╭──
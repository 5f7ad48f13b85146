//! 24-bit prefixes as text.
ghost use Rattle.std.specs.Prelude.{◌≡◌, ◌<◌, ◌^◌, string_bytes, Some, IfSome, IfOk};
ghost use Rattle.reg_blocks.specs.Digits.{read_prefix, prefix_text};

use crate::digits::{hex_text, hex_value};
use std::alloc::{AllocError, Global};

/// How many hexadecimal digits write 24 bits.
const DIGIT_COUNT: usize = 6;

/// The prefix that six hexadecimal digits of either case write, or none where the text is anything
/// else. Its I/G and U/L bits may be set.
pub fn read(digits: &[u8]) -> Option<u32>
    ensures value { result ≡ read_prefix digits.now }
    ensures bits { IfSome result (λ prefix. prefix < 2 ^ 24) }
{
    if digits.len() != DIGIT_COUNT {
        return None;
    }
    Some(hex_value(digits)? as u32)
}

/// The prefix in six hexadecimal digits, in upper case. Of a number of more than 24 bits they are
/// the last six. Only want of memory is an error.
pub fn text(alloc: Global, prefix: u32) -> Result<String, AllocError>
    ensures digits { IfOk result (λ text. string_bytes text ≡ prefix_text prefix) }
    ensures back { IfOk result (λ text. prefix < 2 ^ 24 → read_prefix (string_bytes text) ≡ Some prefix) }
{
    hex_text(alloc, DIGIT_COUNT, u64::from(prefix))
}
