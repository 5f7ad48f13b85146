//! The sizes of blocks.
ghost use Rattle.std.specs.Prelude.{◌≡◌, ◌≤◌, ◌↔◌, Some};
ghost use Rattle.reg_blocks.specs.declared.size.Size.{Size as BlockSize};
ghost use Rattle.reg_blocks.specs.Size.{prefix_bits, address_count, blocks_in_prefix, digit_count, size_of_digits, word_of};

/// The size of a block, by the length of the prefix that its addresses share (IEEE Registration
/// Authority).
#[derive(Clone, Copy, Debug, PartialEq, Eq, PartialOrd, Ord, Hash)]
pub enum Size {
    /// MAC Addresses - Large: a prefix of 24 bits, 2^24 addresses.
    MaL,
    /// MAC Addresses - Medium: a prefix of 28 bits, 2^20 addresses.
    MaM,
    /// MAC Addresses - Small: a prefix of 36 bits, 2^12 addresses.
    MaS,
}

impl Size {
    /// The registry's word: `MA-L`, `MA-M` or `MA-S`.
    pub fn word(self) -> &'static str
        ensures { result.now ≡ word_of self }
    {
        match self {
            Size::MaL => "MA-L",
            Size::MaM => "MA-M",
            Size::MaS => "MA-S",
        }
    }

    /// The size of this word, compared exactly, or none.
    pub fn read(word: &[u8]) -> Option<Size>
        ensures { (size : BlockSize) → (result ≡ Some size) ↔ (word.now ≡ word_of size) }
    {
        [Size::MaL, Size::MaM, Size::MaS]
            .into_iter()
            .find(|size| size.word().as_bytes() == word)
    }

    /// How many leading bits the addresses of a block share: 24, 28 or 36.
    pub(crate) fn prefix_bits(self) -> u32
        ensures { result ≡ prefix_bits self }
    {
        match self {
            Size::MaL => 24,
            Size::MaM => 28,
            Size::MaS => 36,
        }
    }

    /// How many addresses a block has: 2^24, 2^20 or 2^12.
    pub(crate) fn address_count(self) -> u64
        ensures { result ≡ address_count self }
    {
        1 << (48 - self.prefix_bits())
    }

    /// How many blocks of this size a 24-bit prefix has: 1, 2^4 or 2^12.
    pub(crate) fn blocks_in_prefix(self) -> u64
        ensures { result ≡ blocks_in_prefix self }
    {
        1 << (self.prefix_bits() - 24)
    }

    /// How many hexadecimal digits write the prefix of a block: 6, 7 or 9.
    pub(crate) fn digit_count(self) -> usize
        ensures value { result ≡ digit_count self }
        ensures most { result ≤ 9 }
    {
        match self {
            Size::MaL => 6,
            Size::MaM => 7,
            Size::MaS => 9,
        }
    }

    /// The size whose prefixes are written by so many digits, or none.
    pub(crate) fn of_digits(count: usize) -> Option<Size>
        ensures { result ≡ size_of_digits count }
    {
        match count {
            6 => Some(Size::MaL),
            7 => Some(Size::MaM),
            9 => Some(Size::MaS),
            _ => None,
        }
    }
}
╰──
Of the lines above, count those containing the word "IfOk", and give the number by itself.

3